The Foodome project is a part of a large research project dedicated to developing a systematic approach to analyzing the lifestyle factors that contribute to coronary heart disease (CHD). Our lab aims to develop the tools and computational/measurement framework to accurately detect the relation between diet and CHD.
One of the most important issues today is improving healthcare quality on a large scale. We have begun looking at administrative healthcare data from California in the form of millions of individual patient hospital visits. Our goal is to understand how healthcare quality emerges as a network property from hospital networks and the ripple effects any one hospital node can have on the system.
We are working on a number of studies that develop mathematical and theoretical models for understanding internal control mechanisms for complex self-organized systems. One can control the behavior of a large network by taking control actions on a comparatively small number of nodes because the network structure broadcasts the influence of these "driver nodes" to distant parts of the network. These findings have tremendous implications for designing, disrupting, or facilitating system capabilities, including physical systems (e.g., climate change and resilience of habitats), technological systems, and biological systems.

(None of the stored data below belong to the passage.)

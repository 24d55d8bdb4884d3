//! Iterators over days.
ghost use Rattle.std.specs.Prelude.{◌≡◌};

use crate::tests::one_answer::Twice;
use cal_time::Date;
use cal_time::iter::DateIter;

fn next(walk: &DateIter) -> Twice<(Option<Date>, DateIter)>
    ensures { result.0 ≡ result.1 }
{
    twice!({
        let mut walk = walk.clone();
        (walk.next(), walk)
    })
}

fn next_back(walk: &DateIter) -> Twice<(Option<Date>, DateIter)>
    ensures { result.0 ≡ result.1 }
{
    twice!({
        let mut walk = walk.clone();
        (walk.next_back(), walk)
    })
}
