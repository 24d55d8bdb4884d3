//! The answer to the text of a line.
ghost use Rattle.std.specs.Prelude.{◌≡◌, ◌+◌, ◌≤◌, ◌++◌, ◌∷◌, ℕ, ℤ, List, None, Some, Ok, Err, IfOk, IfErr, false, true, length, MatchOption};
ghost use Rattle.std.specs.Fmt.{signed_decimal};
ghost use Rattle.cal_datetime.specs.OffsetDateTime.{LocalAndOffset};
ghost use Rattle.cal_schedule.specs.Period.{Parts};
ghost use Rattle.cal_text.specs.declared.any.DateOrMoment.{DateOrMoment};
ghost use Rattle.caldate_lines.specs.Room.{HasRoom, longest_answer};
ghost use Rattle.caldate_lines.specs.declared.no_answer.NoAnswer.{NoAnswer};
ghost use Rattle.caldate_answers.specs.Answers.{IsAnswer, IsAnswerAfter, IsAnswerLater, IsAnswerNearest, IsAnswerTo, IsAt, IsBetween, IsBetweenBy, IsBetweenOn, IsMeasured, IsMeasuredOn, IsPrintedAt, form_iso, IsDayLater, IsLater, IsMomentLater, IsMoved, IsMovedAt, IsMovedBy, IsInLanguageAt, IsNotRead, IsOnMovedDay, IsReadAs, compares, floored, form_read, is_date, keeps, moment_of, offset_in, on_day, own_clock, until_text};
ghost use Rattle.caldate_answers.specs.Bounds.{lies_in};
ghost use Rattle.caldate_answers.specs.ClockCounts.{IsCountOn};
ghost use Rattle.caldate_answers.specs.Forms.{IsInForm, IsInLanguage, format_text};
ghost use Rattle.caldate_answers.specs.Periods.{IsPeriodBetween, IsPeriodOn, IsPeriodText};
ghost use Rattle.caldate_answers.specs.Readers.{IsUnreadIn};
ghost use Rattle.caldate_answers.specs.Readings.{IsTextIn};
ghost use Rattle.caldate_answers.specs.Appends.{AppendsSome, AppendsAnswer};
ghost use Rattle.caldate_answers.specs.Scans.{IsReadWith};
ghost use Rattle.caldate_answers.specs.declared.reading.Reading.TheVariants.{Any};
ghost use Rattle.caldate_answers.specs.declared.reading.reader.Reader.{Reader};
ghost use Rattle.caldate_answers.specs.declared.reading.reader.Reader.TheVariants.{Named};

pub(crate) mod bounds;
pub(crate) mod clock;
pub(crate) mod clock_counts;
pub mod clock_moves;
pub(crate) mod counts;
pub(crate) mod durations;
pub(crate) mod forms;
pub mod moves;
pub(crate) mod periods;
pub(crate) mod reasons;
pub(crate) mod signed;
pub(crate) mod texts;

use crate::answer::bounds::{is_comparable, lies_in};
use crate::answer::clock::placed;
use crate::answer::clock_counts::count_on;
use crate::answer::clock_moves::moved_on;
use crate::answer::counts::count_between;
use crate::answer::durations::{push_duration, push_hours, push_period};
use crate::answer::moves::moved_day;
use crate::answer::periods::{after, nearest, period_between, period_on};
use crate::answer::reasons::why_unanswered;
use crate::answer::texts::{
    push_basic, push_date, push_month, push_quarter, push_rfc3339, push_signed, push_unix,
    push_whole_unix,
};
use crate::reading::reader::Reader;
use crate::reading::{Reading, first_reason, read, read_in, reason_of};
use crate::request::{
    Bounds, Clock, DayMove, Filter, Form, Measure, Move, Place, Request, Target, TimeUnit,
};
use cal_datetime::OffsetDateTime;
use cal_format::{Format, Moment};
use cal_named_format::print;
use cal_names::Names;
use cal_rounding::RoundingUnit;
use cal_schedule::{Period, Workdays};
use cal_text::{DateForm, DateOrMoment, MomentForm};
use cal_time::{Date, ShortText, SignedDuration, Time, UtcOffset};
use cal_zone::Zone;
use cal_zone::laws::one_local;
use caldate_lines::no_answer::NoAnswer;
use caldate_lines::output::buffer::Buffer;

/// The maximum length of a string that a format prints with English names: 15 bytes for each of 64
/// items.
const LONGEST_PRINTED: usize = 960;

The fundamental principle behind the Network Medicine and Biological Networks project is that disease phenotypes emerge from genotypes via the network properties of interactions between the underlying biological components. These phenotypes are best conceptualized as consequences of perturbations to disease modules of the biological networks in the cell, whether at the node level (disease genes) or the link level (disease edgotypes). We integrate patient-specific gene expression and protein interaction data to elucidate the precise basis of conditions from Parkinson's to asthma to heart disease. With the further analysis of drug-disease association and drug-target association data, we investigate the effects - therapeutic and undesired - of the associated medication. Understanding the molecular level networks allows us to understand the connections between different diseases and the effects of drugs designed to target them, paving the way for personalized treatments based on one's own interactome.

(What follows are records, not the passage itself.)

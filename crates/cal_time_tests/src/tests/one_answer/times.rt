//! Times from components, with one component replaced, and moved.
ghost use Rattle.std.specs.Prelude.{◌≡◌};

use crate::tests::one_answer::Twice;
use cal_time::error::ComponentRange;
use cal_time::util::DateAdjustment;
use cal_time::{SignedDuration, Time};

fn from_hms(hour: u8, minute: u8, second: u8) -> Twice<Result<Time, ComponentRange>>
    ensures { result.0 ≡ result.1 }
{
    twice!(Time::from_hms(hour, minute, second))
}

fn from_hms_milli(
    hour: u8,
    minute: u8,
    second: u8,
    millisecond: u16,
) -> Twice<Result<Time, ComponentRange>>
    ensures { result.0 ≡ result.1 }
{
    twice!(Time::from_hms_milli(hour, minute, second, millisecond))
}

fn from_hms_micro(
    hour: u8,
    minute: u8,
    second: u8,
    microsecond: u32,
) -> Twice<Result<Time, ComponentRange>>
    ensures { result.0 ≡ result.1 }
{
    twice!(Time::from_hms_micro(hour, minute, second, microsecond))
}

fn from_hms_nano(
    hour: u8,
    minute: u8,
    second: u8,
    nanosecond: u32,
) -> Twice<Result<Time, ComponentRange>>
    ensures { result.0 ≡ result.1 }
{
    twice!(Time::from_hms_nano(hour, minute, second, nanosecond))
}

fn replace_hour(time: Time, hour: u8) -> Twice<Result<Time, ComponentRange>>
    ensures { result.0 ≡ result.1 }
{
    twice!(time.replace_hour(hour))
}

fn replace_minute(time: Time, minute: u8) -> Twice<Result<Time, ComponentRange>>
    ensures { result.0 ≡ result.1 }
{
    twice!(time.replace_minute(minute))
}

fn replace_second(time: Time, second: u8) -> Twice<Result<Time, ComponentRange>>
    ensures { result.0 ≡ result.1 }
{
    twice!(time.replace_second(second))
}

fn replace_millisecond(time: Time, millisecond: u16) -> Twice<Result<Time, ComponentRange>>
    ensures { result.0 ≡ result.1 }
{
    twice!(time.replace_millisecond(millisecond))
}

fn replace_microsecond(time: Time, microsecond: u32) -> Twice<Result<Time, ComponentRange>>
    ensures { result.0 ≡ result.1 }
{
    twice!(time.replace_microsecond(microsecond))
}

fn replace_nanosecond(time: Time, nanosecond: u32) -> Twice<Result<Time, ComponentRange>>
    ensures { result.0 ≡ result.1 }
{
    twice!(time.replace_nanosecond(nanosecond))
}

fn adjusting_add(time: Time, duration: SignedDuration) -> Twice<(DateAdjustment, Time)>
    ensures { result.0 ≡ result.1 }
{
    twice!(time.adjusting_add(duration))
}

fn adjusting_sub(time: Time, duration: SignedDuration) -> Twice<(DateAdjustment, Time)>
    ensures { result.0 ≡ result.1 }
{
    twice!(time.adjusting_sub(duration))
}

The goal of the Science of Success project is to develop measures, models and predictions that offer actionable information towards a quantitative evaluation of success in a diverse range of competitive settings, from science to sports and software development. Our work is driven by the hypothesis that success can become predictable to a substantial extent if we see it not as an individual phenomenon, but rather as a collective one. For a scientific finding, an athlete, or a software product to be successful, it is not enough to be novel, fundamental or high performing - the community must agree that it is worthy of praise and follow-up. Our aim is to understand the fundamental patterns that govern community impact by analyzing the evolution of career paths, of individual and team performances, and the dynamics of impact, using large-scale data sets that provide quantitative information on performance and success.